* _Problem details_
Go through the entries below and copy each line that holds the word "tally".

(Items from a dataset)
Start of Block

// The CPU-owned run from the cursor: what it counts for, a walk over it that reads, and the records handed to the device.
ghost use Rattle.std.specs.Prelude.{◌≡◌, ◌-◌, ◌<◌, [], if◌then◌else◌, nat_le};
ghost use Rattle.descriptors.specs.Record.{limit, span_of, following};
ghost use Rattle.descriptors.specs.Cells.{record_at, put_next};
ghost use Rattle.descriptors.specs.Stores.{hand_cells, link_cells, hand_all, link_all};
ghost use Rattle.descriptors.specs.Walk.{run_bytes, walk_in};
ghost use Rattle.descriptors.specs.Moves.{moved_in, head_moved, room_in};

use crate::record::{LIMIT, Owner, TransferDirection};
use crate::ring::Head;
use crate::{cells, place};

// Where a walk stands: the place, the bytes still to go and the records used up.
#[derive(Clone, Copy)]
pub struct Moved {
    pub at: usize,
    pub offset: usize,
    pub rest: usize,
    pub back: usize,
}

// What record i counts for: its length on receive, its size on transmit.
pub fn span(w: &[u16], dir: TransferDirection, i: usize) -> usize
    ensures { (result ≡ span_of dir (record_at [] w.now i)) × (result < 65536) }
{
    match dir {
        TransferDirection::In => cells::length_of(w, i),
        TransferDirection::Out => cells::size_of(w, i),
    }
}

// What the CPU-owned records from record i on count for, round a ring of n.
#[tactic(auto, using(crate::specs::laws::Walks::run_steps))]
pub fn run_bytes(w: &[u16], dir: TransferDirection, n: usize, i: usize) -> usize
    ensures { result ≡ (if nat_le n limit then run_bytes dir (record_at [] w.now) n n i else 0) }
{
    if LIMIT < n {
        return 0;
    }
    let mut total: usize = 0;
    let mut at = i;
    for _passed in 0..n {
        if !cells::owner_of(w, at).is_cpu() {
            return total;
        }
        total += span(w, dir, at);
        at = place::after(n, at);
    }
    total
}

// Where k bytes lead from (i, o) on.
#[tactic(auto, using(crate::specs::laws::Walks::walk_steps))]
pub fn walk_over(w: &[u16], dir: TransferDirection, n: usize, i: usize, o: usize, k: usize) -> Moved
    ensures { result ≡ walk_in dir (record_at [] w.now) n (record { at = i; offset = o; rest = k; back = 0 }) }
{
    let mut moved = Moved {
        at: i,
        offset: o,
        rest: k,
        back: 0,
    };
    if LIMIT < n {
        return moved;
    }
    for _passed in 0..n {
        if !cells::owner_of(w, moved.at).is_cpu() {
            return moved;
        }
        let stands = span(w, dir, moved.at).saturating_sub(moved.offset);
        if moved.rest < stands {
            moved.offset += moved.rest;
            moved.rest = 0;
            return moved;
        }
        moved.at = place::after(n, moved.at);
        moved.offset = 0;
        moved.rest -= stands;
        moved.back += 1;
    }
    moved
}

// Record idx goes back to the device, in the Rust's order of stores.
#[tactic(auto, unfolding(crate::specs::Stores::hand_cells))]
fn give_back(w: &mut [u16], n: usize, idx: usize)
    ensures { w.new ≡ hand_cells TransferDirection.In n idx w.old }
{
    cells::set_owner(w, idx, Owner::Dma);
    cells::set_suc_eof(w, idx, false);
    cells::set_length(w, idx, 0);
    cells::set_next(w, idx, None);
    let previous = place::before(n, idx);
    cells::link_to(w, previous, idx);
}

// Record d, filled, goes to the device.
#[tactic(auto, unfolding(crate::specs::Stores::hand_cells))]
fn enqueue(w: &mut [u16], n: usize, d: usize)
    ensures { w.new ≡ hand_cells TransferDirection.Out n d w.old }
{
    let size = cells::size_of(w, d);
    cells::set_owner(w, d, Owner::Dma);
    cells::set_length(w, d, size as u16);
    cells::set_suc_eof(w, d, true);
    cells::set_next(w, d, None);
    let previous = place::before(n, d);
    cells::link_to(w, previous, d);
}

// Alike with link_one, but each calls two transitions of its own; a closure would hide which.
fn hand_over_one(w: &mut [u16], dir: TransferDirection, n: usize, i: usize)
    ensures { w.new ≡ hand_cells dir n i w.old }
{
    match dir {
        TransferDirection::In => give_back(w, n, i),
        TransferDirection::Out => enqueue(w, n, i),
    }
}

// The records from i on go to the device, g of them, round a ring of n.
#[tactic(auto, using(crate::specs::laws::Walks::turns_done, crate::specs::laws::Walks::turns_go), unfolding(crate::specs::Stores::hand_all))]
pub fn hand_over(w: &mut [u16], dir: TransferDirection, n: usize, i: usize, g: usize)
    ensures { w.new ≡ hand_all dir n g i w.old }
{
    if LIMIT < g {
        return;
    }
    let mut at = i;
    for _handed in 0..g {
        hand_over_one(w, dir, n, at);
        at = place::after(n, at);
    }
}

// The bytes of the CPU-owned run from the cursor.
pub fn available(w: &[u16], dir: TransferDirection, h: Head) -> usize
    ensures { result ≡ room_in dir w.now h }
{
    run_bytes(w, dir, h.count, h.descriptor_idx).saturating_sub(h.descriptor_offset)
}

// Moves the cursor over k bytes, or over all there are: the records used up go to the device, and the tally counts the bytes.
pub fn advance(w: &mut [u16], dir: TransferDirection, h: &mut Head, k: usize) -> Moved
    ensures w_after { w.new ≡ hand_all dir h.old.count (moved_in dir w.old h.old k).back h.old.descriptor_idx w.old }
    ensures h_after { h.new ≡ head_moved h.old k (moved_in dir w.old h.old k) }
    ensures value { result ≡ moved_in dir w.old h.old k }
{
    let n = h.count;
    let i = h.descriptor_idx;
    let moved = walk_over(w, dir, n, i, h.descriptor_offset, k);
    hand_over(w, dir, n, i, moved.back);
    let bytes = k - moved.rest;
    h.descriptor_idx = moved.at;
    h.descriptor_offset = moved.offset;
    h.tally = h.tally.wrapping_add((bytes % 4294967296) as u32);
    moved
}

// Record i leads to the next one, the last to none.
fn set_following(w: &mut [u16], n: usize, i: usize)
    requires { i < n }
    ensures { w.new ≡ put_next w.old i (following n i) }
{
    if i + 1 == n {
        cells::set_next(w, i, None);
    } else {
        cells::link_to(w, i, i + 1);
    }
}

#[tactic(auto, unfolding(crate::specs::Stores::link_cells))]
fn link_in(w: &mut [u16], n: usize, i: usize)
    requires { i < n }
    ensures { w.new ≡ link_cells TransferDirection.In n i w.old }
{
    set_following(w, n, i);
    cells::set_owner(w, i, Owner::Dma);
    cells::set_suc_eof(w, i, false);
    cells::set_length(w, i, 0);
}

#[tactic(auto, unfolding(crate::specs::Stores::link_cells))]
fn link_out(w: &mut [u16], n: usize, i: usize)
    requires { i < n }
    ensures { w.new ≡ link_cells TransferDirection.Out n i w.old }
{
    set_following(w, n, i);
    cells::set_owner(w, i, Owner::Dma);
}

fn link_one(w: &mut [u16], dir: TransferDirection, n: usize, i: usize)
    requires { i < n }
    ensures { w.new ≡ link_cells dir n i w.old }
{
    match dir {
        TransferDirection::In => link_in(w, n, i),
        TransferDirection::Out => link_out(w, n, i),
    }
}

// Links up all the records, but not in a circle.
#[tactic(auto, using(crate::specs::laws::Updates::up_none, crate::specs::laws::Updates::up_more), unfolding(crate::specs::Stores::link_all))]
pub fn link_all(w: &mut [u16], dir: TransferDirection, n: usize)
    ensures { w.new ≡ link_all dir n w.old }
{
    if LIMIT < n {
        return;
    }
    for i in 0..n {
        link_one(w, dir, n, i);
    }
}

End of Block

* _Solution_
// Moves the cursor over k bytes, or over all there are: the records used up go to the device, and the tally counts the bytes.
    h.tally = h.tally.wrapping_add((bytes % 4294967296) as u32);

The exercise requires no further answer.